(Data provided)
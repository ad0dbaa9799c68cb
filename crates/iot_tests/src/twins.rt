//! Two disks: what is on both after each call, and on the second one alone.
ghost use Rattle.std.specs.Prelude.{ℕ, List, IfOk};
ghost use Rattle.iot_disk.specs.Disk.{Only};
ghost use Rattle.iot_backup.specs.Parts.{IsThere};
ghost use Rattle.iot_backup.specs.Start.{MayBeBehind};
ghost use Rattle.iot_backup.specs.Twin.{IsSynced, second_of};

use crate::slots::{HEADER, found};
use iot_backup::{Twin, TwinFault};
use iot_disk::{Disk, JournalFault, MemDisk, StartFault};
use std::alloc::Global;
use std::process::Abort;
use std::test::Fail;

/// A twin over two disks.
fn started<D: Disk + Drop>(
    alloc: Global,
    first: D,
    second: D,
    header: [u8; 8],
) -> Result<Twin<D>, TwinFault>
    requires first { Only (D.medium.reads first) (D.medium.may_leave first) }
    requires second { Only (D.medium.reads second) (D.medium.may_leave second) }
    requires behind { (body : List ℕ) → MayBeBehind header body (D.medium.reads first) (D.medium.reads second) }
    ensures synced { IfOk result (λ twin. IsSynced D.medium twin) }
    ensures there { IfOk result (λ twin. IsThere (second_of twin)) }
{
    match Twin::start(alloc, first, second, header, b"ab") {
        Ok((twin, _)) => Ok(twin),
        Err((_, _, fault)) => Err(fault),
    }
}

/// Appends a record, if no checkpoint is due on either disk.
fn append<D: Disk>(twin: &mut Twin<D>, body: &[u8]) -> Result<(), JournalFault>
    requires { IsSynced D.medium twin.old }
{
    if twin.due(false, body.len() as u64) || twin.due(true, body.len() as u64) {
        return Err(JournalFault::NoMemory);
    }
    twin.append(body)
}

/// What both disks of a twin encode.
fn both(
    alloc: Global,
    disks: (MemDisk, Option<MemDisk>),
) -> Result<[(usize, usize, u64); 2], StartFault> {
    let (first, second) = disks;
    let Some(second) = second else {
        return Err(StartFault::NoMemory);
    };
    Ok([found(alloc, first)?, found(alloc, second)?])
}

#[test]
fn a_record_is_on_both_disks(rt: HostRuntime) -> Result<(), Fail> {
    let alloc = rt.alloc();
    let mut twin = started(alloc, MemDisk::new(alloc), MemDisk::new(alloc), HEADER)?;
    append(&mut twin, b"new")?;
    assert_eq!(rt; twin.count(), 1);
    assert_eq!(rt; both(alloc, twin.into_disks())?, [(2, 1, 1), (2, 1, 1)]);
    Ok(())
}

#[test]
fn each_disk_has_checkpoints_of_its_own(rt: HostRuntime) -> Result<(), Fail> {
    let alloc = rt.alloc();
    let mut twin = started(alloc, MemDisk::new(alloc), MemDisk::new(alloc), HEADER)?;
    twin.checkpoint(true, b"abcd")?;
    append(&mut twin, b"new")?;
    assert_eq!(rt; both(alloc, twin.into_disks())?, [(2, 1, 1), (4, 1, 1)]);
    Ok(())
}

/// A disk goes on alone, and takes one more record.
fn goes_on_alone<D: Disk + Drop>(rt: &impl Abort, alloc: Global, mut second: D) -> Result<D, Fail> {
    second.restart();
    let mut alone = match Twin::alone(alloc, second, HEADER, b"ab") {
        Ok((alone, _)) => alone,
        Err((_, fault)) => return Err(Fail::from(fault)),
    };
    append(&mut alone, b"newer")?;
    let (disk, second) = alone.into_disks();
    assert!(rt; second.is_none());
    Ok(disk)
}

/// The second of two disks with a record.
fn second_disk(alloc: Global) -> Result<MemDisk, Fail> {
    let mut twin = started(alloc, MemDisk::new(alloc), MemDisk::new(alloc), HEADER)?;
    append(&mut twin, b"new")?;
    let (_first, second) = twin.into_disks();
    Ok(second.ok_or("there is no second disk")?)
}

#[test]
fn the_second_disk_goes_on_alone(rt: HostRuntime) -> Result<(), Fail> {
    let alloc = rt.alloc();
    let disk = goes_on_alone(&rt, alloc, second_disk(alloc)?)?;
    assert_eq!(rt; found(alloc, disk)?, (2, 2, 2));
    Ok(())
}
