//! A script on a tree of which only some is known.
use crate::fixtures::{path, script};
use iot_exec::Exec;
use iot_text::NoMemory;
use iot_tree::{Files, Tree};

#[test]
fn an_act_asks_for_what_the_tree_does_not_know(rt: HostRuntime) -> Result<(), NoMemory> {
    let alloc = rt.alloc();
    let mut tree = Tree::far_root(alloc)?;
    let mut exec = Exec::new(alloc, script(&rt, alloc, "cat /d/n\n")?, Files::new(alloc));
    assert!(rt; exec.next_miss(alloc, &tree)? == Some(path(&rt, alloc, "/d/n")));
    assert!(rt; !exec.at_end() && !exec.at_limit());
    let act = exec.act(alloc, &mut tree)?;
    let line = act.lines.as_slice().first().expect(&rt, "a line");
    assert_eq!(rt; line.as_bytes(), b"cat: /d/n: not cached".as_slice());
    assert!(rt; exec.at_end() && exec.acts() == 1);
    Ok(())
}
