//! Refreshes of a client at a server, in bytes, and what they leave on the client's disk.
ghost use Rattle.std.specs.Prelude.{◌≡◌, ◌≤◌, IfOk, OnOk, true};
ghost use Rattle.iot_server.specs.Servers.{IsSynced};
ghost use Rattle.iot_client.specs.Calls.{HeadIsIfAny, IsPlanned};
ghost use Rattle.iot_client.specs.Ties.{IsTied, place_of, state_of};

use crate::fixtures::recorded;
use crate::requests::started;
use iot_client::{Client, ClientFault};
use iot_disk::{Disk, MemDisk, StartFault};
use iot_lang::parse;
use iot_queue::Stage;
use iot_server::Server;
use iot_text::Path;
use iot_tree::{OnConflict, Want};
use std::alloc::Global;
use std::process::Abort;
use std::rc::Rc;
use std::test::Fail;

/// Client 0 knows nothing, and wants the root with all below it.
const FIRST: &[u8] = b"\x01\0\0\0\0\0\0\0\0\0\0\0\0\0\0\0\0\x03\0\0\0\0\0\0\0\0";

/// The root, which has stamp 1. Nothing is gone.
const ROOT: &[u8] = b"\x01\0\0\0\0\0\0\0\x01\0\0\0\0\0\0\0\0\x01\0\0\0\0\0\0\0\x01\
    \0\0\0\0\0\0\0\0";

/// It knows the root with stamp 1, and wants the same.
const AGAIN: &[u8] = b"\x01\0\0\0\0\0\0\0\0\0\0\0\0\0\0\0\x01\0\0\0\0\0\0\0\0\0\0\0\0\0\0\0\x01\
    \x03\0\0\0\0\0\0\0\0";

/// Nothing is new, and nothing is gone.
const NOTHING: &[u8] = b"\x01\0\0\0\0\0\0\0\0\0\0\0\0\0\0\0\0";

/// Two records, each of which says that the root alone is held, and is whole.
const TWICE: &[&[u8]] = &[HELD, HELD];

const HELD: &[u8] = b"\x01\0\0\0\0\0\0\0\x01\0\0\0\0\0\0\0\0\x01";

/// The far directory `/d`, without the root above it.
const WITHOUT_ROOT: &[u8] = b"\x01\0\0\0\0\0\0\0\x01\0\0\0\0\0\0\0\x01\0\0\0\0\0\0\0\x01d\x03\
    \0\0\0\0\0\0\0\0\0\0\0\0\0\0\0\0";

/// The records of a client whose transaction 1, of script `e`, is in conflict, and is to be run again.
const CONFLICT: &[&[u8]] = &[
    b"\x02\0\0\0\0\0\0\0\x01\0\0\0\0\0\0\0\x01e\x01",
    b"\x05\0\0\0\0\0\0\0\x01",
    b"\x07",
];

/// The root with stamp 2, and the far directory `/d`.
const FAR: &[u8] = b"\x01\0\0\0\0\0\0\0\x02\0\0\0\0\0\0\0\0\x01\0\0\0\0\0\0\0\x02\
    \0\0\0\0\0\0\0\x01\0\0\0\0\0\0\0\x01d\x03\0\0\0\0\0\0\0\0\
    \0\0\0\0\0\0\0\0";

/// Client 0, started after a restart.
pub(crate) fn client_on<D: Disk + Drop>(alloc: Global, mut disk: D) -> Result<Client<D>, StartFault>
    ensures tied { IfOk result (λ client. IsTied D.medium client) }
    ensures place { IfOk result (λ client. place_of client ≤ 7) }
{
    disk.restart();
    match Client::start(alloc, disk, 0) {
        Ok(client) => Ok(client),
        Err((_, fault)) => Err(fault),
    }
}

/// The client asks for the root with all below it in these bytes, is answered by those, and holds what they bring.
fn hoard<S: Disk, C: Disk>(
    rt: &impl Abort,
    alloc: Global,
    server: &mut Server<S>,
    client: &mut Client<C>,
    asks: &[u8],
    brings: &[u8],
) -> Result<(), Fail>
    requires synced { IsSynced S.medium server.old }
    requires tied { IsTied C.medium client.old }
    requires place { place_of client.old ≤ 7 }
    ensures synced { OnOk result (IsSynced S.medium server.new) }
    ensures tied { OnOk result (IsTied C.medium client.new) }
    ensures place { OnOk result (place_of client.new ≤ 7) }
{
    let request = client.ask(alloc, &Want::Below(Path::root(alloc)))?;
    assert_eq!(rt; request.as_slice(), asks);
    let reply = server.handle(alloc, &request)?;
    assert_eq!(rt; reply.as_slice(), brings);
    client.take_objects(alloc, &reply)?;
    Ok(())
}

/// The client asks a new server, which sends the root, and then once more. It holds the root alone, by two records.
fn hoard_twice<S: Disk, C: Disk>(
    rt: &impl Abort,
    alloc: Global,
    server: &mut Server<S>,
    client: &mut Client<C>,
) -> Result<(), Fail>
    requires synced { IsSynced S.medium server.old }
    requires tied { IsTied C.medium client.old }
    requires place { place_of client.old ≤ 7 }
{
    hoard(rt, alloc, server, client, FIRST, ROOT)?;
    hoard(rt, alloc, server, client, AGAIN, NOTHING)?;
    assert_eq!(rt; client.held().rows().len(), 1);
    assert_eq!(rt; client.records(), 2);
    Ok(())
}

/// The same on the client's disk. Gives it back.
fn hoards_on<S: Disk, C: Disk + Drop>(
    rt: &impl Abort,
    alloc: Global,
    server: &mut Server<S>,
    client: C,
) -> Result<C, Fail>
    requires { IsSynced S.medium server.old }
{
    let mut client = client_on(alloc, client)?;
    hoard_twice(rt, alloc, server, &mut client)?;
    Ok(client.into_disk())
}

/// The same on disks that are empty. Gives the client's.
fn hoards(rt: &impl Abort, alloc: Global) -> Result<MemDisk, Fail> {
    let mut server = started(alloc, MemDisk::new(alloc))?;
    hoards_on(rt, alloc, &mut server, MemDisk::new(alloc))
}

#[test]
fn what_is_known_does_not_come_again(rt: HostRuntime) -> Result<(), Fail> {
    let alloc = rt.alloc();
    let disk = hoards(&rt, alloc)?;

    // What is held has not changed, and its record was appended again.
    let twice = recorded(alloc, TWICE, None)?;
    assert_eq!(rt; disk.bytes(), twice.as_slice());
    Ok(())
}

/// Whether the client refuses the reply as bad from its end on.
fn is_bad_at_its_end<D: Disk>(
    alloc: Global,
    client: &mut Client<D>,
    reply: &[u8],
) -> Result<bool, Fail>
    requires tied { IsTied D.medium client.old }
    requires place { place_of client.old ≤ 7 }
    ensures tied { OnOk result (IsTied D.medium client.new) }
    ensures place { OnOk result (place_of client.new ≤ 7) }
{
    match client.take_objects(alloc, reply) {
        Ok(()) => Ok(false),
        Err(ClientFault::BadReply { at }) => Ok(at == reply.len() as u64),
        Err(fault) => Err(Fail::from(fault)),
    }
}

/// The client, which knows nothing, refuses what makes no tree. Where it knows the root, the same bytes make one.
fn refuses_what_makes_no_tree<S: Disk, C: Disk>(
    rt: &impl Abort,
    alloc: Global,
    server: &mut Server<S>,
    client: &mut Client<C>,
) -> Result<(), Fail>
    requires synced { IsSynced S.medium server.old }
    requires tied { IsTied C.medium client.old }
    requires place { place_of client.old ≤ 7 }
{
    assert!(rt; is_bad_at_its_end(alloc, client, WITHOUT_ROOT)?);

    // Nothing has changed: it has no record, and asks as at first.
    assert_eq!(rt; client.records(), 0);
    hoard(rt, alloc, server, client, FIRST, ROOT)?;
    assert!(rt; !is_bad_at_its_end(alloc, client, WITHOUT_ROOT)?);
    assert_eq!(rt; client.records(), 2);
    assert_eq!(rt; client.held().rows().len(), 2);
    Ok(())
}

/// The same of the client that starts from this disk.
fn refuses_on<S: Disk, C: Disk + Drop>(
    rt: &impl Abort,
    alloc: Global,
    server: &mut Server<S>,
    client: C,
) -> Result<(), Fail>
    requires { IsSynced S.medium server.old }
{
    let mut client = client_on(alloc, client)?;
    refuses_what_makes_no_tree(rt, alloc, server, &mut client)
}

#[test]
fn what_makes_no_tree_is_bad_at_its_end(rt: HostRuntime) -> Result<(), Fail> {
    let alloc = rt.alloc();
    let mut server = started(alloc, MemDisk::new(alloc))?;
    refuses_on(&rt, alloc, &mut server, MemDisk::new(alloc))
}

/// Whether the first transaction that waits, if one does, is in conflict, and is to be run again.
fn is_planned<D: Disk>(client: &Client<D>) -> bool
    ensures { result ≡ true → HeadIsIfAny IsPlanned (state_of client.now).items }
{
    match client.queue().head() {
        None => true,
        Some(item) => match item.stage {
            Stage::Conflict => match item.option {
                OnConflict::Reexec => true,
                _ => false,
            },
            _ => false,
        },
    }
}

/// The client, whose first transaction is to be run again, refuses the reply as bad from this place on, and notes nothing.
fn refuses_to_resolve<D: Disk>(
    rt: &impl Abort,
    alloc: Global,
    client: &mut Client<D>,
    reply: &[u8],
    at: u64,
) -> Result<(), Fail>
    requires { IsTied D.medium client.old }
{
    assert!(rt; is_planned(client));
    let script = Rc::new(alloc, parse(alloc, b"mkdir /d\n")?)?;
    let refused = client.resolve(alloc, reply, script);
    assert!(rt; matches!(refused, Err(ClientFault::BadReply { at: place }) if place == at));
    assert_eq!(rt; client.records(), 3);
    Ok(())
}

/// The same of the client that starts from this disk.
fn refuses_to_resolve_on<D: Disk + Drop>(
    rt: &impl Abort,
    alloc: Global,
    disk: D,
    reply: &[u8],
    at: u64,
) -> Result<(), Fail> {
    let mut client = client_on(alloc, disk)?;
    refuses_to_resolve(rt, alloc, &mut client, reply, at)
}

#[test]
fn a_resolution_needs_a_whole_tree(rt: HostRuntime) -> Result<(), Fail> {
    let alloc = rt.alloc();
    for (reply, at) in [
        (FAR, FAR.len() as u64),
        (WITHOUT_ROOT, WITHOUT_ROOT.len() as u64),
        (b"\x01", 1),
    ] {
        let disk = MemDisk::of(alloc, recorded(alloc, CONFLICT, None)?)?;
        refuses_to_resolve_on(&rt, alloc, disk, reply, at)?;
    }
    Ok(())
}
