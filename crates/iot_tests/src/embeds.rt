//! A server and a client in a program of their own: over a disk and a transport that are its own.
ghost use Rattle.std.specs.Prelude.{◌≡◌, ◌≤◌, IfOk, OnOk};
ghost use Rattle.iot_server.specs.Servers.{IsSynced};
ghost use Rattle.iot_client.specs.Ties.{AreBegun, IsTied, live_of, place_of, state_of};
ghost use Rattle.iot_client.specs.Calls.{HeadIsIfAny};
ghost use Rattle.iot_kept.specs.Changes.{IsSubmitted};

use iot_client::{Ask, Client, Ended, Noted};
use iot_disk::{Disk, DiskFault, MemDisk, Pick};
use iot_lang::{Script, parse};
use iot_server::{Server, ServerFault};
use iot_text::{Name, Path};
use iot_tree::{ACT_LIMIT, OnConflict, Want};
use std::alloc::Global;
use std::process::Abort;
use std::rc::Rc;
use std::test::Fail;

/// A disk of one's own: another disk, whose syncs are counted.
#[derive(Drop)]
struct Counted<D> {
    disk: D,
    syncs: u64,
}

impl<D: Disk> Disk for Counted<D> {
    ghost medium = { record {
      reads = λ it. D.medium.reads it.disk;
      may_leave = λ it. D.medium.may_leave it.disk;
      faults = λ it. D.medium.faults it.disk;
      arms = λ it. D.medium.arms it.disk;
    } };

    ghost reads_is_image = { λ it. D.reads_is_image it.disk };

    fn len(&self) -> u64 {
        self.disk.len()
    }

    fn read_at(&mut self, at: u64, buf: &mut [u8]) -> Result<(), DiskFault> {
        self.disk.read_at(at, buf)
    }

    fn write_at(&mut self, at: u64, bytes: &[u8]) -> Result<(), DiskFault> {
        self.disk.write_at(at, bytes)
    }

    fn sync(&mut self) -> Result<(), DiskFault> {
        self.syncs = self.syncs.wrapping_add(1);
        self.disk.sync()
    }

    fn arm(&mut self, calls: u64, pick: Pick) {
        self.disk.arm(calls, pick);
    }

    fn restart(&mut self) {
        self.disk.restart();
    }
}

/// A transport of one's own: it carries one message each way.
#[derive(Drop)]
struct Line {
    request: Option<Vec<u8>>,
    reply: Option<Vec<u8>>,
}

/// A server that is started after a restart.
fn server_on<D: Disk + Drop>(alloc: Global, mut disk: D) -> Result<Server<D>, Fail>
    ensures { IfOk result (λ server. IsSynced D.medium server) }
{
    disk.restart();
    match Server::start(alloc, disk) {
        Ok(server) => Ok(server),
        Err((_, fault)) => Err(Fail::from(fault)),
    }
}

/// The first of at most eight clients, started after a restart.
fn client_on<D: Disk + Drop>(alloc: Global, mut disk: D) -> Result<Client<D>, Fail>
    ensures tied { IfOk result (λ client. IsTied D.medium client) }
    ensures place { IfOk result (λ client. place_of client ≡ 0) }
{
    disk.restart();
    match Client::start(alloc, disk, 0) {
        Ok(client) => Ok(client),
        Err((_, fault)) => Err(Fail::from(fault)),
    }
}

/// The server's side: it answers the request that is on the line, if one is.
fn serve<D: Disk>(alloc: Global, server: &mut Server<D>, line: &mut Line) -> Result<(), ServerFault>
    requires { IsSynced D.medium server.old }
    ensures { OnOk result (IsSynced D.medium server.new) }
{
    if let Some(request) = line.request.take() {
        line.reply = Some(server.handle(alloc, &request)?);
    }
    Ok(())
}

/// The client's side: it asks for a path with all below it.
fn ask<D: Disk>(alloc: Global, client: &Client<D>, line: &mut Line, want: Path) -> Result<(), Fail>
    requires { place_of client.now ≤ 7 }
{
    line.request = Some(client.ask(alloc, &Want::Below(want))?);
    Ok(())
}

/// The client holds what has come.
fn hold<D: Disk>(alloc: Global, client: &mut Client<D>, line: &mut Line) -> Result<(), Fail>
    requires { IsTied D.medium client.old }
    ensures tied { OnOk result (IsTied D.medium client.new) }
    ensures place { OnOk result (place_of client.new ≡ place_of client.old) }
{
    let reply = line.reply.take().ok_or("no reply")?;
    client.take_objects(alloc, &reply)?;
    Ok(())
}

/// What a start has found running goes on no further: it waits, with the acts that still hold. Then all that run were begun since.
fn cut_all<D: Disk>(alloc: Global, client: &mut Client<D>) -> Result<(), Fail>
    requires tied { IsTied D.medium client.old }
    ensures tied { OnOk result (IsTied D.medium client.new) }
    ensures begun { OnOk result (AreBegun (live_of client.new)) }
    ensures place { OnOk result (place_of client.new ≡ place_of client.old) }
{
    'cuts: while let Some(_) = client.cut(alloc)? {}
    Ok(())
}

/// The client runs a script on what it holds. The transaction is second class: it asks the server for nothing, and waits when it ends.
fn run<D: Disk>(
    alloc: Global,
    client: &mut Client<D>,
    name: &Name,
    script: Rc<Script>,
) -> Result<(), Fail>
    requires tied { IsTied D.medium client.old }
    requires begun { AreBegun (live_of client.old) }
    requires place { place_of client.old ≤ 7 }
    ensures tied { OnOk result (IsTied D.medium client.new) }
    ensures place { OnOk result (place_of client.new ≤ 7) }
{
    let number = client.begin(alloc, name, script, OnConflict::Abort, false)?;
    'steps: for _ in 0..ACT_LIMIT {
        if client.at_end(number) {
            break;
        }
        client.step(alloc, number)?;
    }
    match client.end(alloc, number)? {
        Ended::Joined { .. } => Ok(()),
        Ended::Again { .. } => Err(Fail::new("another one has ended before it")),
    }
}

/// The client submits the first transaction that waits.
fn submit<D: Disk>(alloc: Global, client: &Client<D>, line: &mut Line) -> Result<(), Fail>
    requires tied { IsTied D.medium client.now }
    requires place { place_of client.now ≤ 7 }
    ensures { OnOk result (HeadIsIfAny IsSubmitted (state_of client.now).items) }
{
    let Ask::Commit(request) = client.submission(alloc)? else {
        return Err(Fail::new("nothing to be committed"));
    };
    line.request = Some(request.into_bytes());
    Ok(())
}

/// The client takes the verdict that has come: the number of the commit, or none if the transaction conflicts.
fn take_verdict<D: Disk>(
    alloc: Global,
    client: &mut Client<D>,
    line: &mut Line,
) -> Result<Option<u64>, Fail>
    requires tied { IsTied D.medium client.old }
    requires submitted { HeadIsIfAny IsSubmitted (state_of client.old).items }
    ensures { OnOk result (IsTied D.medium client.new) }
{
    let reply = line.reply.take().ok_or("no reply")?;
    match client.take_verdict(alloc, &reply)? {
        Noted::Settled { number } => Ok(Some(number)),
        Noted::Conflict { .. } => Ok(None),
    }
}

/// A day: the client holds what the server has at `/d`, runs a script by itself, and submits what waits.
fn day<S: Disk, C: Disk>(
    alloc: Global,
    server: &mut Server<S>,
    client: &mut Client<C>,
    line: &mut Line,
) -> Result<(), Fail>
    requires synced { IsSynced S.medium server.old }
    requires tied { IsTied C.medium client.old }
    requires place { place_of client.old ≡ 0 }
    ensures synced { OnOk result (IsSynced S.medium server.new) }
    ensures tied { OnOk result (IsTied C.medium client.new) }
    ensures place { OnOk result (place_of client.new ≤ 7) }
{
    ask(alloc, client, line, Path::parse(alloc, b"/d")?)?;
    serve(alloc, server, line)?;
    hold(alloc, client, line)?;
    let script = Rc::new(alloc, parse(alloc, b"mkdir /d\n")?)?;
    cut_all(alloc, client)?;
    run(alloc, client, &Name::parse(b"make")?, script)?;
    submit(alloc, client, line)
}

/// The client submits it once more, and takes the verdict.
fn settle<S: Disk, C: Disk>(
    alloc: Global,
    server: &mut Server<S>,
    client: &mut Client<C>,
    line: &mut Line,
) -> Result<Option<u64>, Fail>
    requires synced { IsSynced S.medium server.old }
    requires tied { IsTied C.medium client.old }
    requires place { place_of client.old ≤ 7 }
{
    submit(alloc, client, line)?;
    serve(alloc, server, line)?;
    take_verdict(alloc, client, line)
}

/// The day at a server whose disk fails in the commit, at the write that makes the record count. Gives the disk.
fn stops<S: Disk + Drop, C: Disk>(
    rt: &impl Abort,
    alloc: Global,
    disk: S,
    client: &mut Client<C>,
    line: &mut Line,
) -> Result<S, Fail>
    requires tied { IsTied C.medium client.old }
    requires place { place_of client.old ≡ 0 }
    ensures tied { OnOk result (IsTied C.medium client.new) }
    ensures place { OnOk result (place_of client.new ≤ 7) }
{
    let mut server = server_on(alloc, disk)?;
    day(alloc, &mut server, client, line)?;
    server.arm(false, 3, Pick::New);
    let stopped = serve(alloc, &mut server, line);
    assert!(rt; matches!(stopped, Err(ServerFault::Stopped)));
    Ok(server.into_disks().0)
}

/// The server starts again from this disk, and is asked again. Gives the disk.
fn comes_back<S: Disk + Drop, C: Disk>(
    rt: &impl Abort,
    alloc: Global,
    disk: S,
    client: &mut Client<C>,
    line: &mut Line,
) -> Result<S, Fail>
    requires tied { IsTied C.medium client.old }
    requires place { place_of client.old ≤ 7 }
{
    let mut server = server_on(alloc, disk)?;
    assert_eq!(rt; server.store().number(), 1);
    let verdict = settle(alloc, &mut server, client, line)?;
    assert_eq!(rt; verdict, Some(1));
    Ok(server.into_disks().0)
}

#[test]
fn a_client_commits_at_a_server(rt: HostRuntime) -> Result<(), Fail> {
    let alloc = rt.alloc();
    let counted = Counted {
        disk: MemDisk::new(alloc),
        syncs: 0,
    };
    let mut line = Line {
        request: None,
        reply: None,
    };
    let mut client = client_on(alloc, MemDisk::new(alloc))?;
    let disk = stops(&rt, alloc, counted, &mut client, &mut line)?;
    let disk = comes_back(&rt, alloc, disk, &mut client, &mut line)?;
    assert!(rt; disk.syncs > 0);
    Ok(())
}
(End Data provided)
__Problem to solve__: Repeat the entries above verbatim, but only from the line that has "use iot_queue::Stage;" down to the line that has "const NOTHING: &[u8]", inclusive.

__Exercise result__:
use iot_queue::Stage;
use iot_server::Server;
use iot_text::Path;
use iot_tree::{OnConflict, Want};
use std::alloc::Global;
use std::process::Abort;
use std::rc::Rc;
use std::test::Fail;

/// Client 0 knows nothing, and wants the root with all below it.
const FIRST: &[u8] = b"\x01\0\0\0\0\0\0\0\0\0\0\0\0\0\0\0\0\x03\0\0\0\0\0\0\0\0";

/// The root, which has stamp 1. Nothing is gone.
const ROOT: &[u8] = b"\x01\0\0\0\0\0\0\0\x01\0\0\0\0\0\0\0\0\x01\0\0\0\0\0\0\0\x01\
    \0\0\0\0\0\0\0\0";

/// It knows the root with stamp 1, and wants the same.
const AGAIN: &[u8] = b"\x01\0\0\0\0\0\0\0\0\0\0\0\0\0\0\0\x01\0\0\0\0\0\0\0\0\0\0\0\0\0\0\0\x01\
    \x03\0\0\0\0\0\0\0\0";

/// Nothing is new, and nothing is gone.
const NOTHING: &[u8] = b"\x01\0\0\0\0\0\0\0\0\0\0\0\0\0\0\0\0";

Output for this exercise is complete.